Offensichtlich hängt die jeweilige Kontextualisierung der Interaktion im virtuellen Raum sehr von den Erwartungen und Vorerfahrungen der Beteiligten ab, woraus sich für den Coach eine Reihe von Gestaltungsmöglichkeiten ergibt.
Mit wachsender Breitbandabdeckung und der kontinuierlichen Weiterentwicklung von HD-Technologie wird der Einsatz von Video-Technologien im Coaching weiter zunehmen. Die Ergebnisse der vorliegenden Studie können Coaches, die mit Hilfe einer Webcam arbeiten, helfen, die Gestaltung ihrer Klientenbeziehung besser auf die Spezifika des Mediums einzustellen. Dies gilt auch für Führungskräfte mit virtuellen Teams und für Personaler, die in ihren Organisationen video-gestützte Coaching- und Mentoring-Systeme aufbauen. Insbesondere drei Aspekte lassen sich aus den Studienergebnissen als relevant für die Gestaltung der virtuellen Coach-Klienten-Beziehung ableiten.
(1) Information über die Technik ist essentiell: Klienten wissen nichts oder wenig von den Spezifika eines video-basierten Coachings, z.B. welche Auswirkungen die Positionierung der Kamera hat, welchen Bildausschnitt das Gegenüber sieht, welche technischen Schwierigkeiten auftauchen können.
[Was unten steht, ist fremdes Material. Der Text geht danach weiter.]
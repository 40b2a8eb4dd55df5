//! Lifelines: each piece by what its node was, and the names of the nodes.
ghost use Rattle.std.specs.Prelude.{◌≡◌, ◌≤◌, ◌<◌, ◌^◌, ◌+◌, ◌++◌, length, OnOk};
ghost use Rattle.std.specs.List.{flat_map};
ghost use Rattle.sequence_chart.specs.Lifelines.{ending_stroke as ending_stroke_of, first_pen, head, lifeline as lifeline_of, lifeline_from, mode_class as mode_class_of, pen_after, piece, piece_at, piece_of, stroke_by, change_of_stroke as change_of};
ghost use Rattle.sequence_chart.specs.Rows.{first_cursor};

use crate::columns::{Column, node_of};
use crate::marks::term_class;
use crate::rows::{Cursor, MAX_LINES, y_of};
use std::alloc::AllocError;
use text::Text;
use trace_reader::{Ending, Mode, Said, TraceLine};
use voting_config::NodeId;

/// How a lifeline looks.
#[derive(Clone, Copy)]
pub enum Stroke {
    /// The node's mode is not said.
    Plain,
    /// The node is that, in this term.
    Mode(Mode, u64),
    /// The node is down.
    Gap,
}

/// How a lifeline looks since some row.
#[derive(Clone, Copy)]
pub struct Pen {
    pub top: u32,
    pub stroke: Stroke,
}

impl Pen {
    fn first() -> Pen
        ensures { result ≡ first_pen }
    {
        Pen {
            top: 0,
            stroke: Stroke::Plain,
        }
    }

    fn after(self, row: u32, change: Option<Stroke>) -> Pen
        ensures { result ≡ pen_after self row change }
    {
        match change {
            None => self,
            Some(stroke) => Pen { top: row, stroke },
        }
    }
}

fn ending_stroke(ending: Ending) -> Option<Stroke>
    ensures { result ≡ ending_stroke_of ending }
{
    match ending {
        Ending::Taken => None,
        Ending::Refused => None,
        Ending::Stopped => None,
        Ending::Disk => Some(Stroke::Gap),
        Ending::Crashed => Some(Stroke::Gap),
    }
}

fn stroke_after(said: &Said) -> Option<Stroke>
    ensures { result ≡ stroke_by said.now }
{
    match said {
        Said::Mode(_, mode, term) => Some(Stroke::Mode(*mode, *term)),
        Said::Crashed(_) => Some(Stroke::Gap),
        Said::Disk(_) => Some(Stroke::Gap),
        Said::Act(_, ending) => ending_stroke(*ending),
        Said::Opened(_) => Some(Stroke::Plain),
        _ => None,
    }
}

// How a line changes the lifeline of a node, if it does.
fn change_of_stroke(node: NodeId, said: &Said) -> Option<Stroke>
    ensures { result ≡ change_of node said.now }
{
    if node_of(said).as_bytes() == node.as_bytes() {
        return stroke_after(said);
    }
    None
}

fn mode_class(mode: Mode) -> &'static str
    ensures { result.now ≡ mode_class_of mode }
{
    match mode {
        Mode::Candidate => "candidate ",
        Mode::Leader => "leader ",
        Mode::Follower => "follower ",
    }
}

fn write_piece_of(text: &mut Text, left: u32, top: u32, bottom: u32) -> Result<(), AllocError>
    ensures { OnOk result (text.new ≡ text.old ++ piece_of left top bottom) }
{
    text.word("' d='M")?;
    text.number(left as u64 + 24)?;
    text.word(" ")?;
    text.number(y_of(top))?;
    text.word("V")?;
    text.number(y_of(bottom))?;
    text.word("'/>\n")
}

fn write_piece(text: &mut Text, left: u32, pen: Pen, bottom: u32) -> Result<(), AllocError>
    ensures { OnOk result (text.new ≡ text.old ++ piece left pen bottom) }
{
    match pen.stroke {
        Stroke::Gap => Ok(()),
        Stroke::Plain => {
            text.word("<path class='plain")?;
            write_piece_of(text, left, pen.top, bottom)
        }
        Stroke::Mode(mode, term) => {
            text.word("<path class='")?;
            text.word(mode_class(mode))?;
            text.word(term_class(term))?;
            write_piece_of(text, left, pen.top, bottom)
        }
    }
}

fn write_piece_at(
    text: &mut Text,
    left: u32,
    pen: Pen,
    row: u32,
    change: Option<Stroke>,
) -> Result<(), AllocError>
    ensures { OnOk result (text.new ≡ text.old ++ piece_at left pen row change) }
{
    match change {
        None => Ok(()),
        Some(_) => write_piece(text, left, pen, row),
    }
}

fn write_lifeline(
    text: &mut Text,
    lines: &[TraceLine],
    bottom: u32,
    column: &Column,
) -> Result<(), AllocError>
    requires { length lines.now ≤ MAX_LINES }
    ensures { OnOk result (text.new ≡ text.old ++ lifeline_of lines.now bottom column.now) }
{
    let mut cursor = Cursor::first();
    let mut pen = Pen::first();
    for line in lines {
        cursor = cursor.after(&line.said);
        let change = change_of_stroke(column.node, &line.said);
        write_piece_at(text, column.left, pen, cursor.row, change)?;
        pen = pen.after(cursor.row, change);
    }
    write_piece(text, column.left, pen, bottom)
}

/// Writes all lifelines, down to a row.
pub fn write_lifelines(
    text: &mut Text,
    lines: &[TraceLine],
    bottom: u32,
    columns: &[Column],
) -> Result<(), AllocError>
    requires { length lines.now ≤ MAX_LINES }
    ensures { OnOk result (text.new ≡ text.old ++ flat_map (lifeline_of lines.now bottom) columns.now) }
{
    for column in columns {
        write_lifeline(text, lines, bottom, column)?;
    }
    Ok(())
}

fn write_head(text: &mut Text, y: u64, column: &Column) -> Result<(), AllocError>
    ensures { OnOk result (text.new ≡ text.old ++ head y column.now) }
{
    text.word("<text class='head' x='")?;
    text.number(column.left as u64 + 24)?;
    text.word("' y='")?;
    text.number(y)?;
    text.word("'>")?;
    text.id(column.node)?;
    text.word("</text>\n")
}

/// Writes the names of all nodes, so many units down.
pub fn write_heads(text: &mut Text, y: u64, columns: &[Column]) -> Result<(), AllocError>
    ensures { OnOk result (text.new ≡ text.old ++ flat_map (head y) columns.now) }
{
    for column in columns {
        write_head(text, y, column)?;
    }
    Ok(())
}
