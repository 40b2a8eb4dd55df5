//! Which requests that wait are answered, and why.
ghost use Rattle.std.specs.Prelude.{◌≡◌, IfOk};
ghost use Rattle.master_tasks.specs.Answering.{
  answer_applied as answer_applied_of,
  applied_in as applied_in_of,
  nothing_new as nothing_new_of,
  timed_out as timed_out_of,
  waits_applied as waits_applied_of,
};
ghost use Rattle.master_tasks.specs.Deciding.{decided};
ghost use Rattle.voting_config.specs.Ids.{some_among};

use crate::waiting::Waiting;
use cluster_state::{Answer, Ask, SharedState, StateId};
use election_clock::has_passed;
use std::alloc::AllocError;
use voting_config::{IdList, VotingConfig};

/// How long an exclusion waits, in ms: 30 s, the default of `timeout` of the voting configuration exclusions API
/// (Elasticsearch reference 7.x).
pub const EXCLUSION_SPAN_MS: u64 = 30_000;

/// Why requests that wait are answered.
#[derive(Clone, Copy)]
pub enum Decision<'a> {
    /// The node is the leader of this term no more.
    Failed(u64),
    /// The state of this id is committed.
    Committed(StateId),
    /// It is this late, in ms, and this configuration is the committed one.
    Late(&'a VotingConfig, u64),
    /// The accepted state, of this id, has what all ask for, and this configuration is the committed one.
    NothingNew(&'a VotingConfig, StateId),
}

impl Decision<'_> {
    /// The answer that a request gets, if it gets one.
    pub fn answer(&self, w: &Waiting) -> Option<Answer>
        ensures { result ≡ decided self.now w.now }
    {
        match self {
            Decision::Failed(term) => Some(Answer::FailedToCommit(*term)),
            Decision::Committed(id) => {
                if w.processed && !waits_applied(&w.request.ask) {
                    Some(Answer::Acked(*id))
                } else {
                    None
                }
            }
            Decision::Late(committed, now) => timed_out(committed, *now, w),
            Decision::NothingNew(committed, id) => nothing_new(committed, *id, w),
        }
    }
}

// Whether a request waits until the leader has taken the commit of its state.
fn waits_applied(ask: &Ask) -> bool
    ensures { result ≡ waits_applied_of ask.now }
{
    match ask {
        Ask::Exclude(_) | Ask::State => true,
        Ask::Put { .. } | Ask::Remove { .. } | Ask::Clear { .. } => false,
    }
}

// Nothing is new: what asks for nothing else is acked, an exclusion once it was processed and none of its ids votes.
fn nothing_new(committed: &VotingConfig, id: StateId, w: &Waiting) -> Option<Answer>
    ensures { result ≡ nothing_new_of committed.now id w.now }
{
    match &w.request.ask {
        Ask::Put { .. } | Ask::Remove { .. } | Ask::Clear { .. } => Some(Answer::Acked(id)),
        Ask::Exclude(ids) => {
            if w.processed && !some_vote(ids, committed) {
                Some(Answer::Acked(id))
            } else {
                None
            }
        }
        Ask::State => None,
    }
}

// What a request is answered that waited for the leader to take the commit of this state.
fn answer_applied(
    committed: &VotingConfig,
    accepted: &SharedState,
    ask: &Ask,
) -> Result<Option<Answer>, AllocError>
    ensures { IfOk result (λ a. a ≡ answer_applied_of committed.now accepted.now ask.now) }
{
    match ask {
        Ask::Put { .. } | Ask::Remove { .. } | Ask::Clear { .. } => Ok(None),
        Ask::Exclude(ids) => {
            if some_vote(ids, committed) {
                Ok(None)
            } else {
                Ok(Some(Answer::Acked(accepted.id())))
            }
        }
        Ask::State => Ok(Some(Answer::State(accepted.share()?))),
    }
}

/// The answer of a request once the leader has taken the commit of this state, by which this configuration is committed, if it gets one: an
/// exclusion that was processed, where none of its ids votes any more; and a processed request to be shown the state.
pub fn applied_in(
    committed: &VotingConfig,
    accepted: &SharedState,
    w: &Waiting,
) -> Result<Option<Answer>, AllocError>
    ensures { IfOk result (λ a. a ≡ applied_in_of committed.now accepted.now w.now) }
{
    if !w.processed {
        return Ok(None);
    }
    let answer = answer_applied(committed, accepted, &w.request.ask)?;
    Ok(answer)
}

// Whether one of the ids votes.
fn some_vote(ids: &IdList, committed: &VotingConfig) -> bool
    ensures { result ≡ some_among ids.now committed.now }
{
    let voters = committed.members();
    ids.as_slice().iter().any(|id| voters.contains(*id))
}

// An exclusion that came long ago is answered with those of its ids that still vote.
fn timed_out(committed: &VotingConfig, now: u64, w: &Waiting) -> Option<Answer>
    ensures { result ≡ timed_out_of committed.now now w.now }
{
    match &w.request.ask {
        Ask::Exclude(ids) => {
            if has_passed(w.arrived, EXCLUSION_SPAN_MS, now) {
                Some(Answer::ExclusionTimeout(ids.within(committed.members())))
            } else {
                None
            }
        }
        _ => None,
    }
}
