//! What holds of the next state, and of the requests that wait. The calls do nothing: what they promise is proved.
ghost use Rattle.std.specs.Prelude.{◌≡◌, IsTrue, List, None, Option};
ghost use Rattle.cluster_state.specs.declared.reply.Answer.{Answer};
ghost use Rattle.cluster_state.specs.Puts.{bad_setting_of};
ghost use Rattle.master_tasks.specs.declared.waiting.Waiting.{Waiting};
ghost use Rattle.master_tasks.specs.Answering.{left_by};
ghost use Rattle.master_tasks.specs.Counts.{AreCounted, NextIsCounted};
ghost use Rattle.master_tasks.specs.Fitting.{HaveGoodSettings};
ghost use Rattle.master_tasks.specs.Queue.{Tasks, offered};
ghost use Rattle.master_tasks.specs.NextState.{Leader, is_nothing_new, StaysAccepted};

/// Where nothing is new, the accepted state is of the leader's term, and the next configuration and value are equal to
/// its own.
pub fn law_nothing_new()
    ensures { (l : Leader) (t : Tasks) → IsTrue (is_nothing_new l t) → StaysAccepted l t }
{}

/// Whatever decides on answers, each request that waits is answered or waits on.
pub fn law_answered_or_left()
    ensures { (decide : Waiting → Option Answer) (waiting : List Waiting) → AreCounted decide waiting }
{}

/// Each request that waits is answered by the next state, or waits on after it.
pub fn law_next_answered_or_left()
    ensures { (l : Leader) (t : Tasks) → NextIsCounted l t }
{}

/// Where no request that waits is to put a bad setting, none of those is that wait on when others are answered.
pub fn law_left_are_good()
    ensures { (decide : Waiting → Option Answer) (waiting : List Waiting) → HaveGoodSettings waiting
        → HaveGoodSettings (left_by decide waiting) }
{}

/// Nor is one after the arrival of a request that is not to put one.
pub fn law_offered_are_good()
    ensures { (t : Tasks) (w : Waiting) → HaveGoodSettings t.waiting → bad_setting_of w.request.ask ≡ None
        → HaveGoodSettings (offered t w).waiting }
{}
Hier ist eine ausführliche Vorabinformation unabdingbar.
(2) Vertrauen braucht Sichtbarkeit: Coaches sollten sich der möglichen Auswirkungen ihrer begrenzten Sichtbarkeit für Klienten bewusst sein und diese ggf. ansprechen bzw. durch entsprechende Positionierung vor der Kamera und körpersprachliche Signale – wie Hände zeigen – gegenwirken.
(3) Präsenz ist nicht gleich Telepräsenz: Der Coach auf dem Bildschirm ist klein, bewegungseingeschränkt und man kann ihn jederzeit „ausschalten“. Daher muss er sehr bewusst individuelle und medienadäquate Wege suchen und finden, seine Präsenz für den Klienten spürbar und erfahrbar zu machen.
Dieser Text basiert auf Deniers, Claudia (2019). Experiences of receiving career coaching via Skype, International Journal of Evidence Based Coaching and Mentoring, 1, S. 72–81.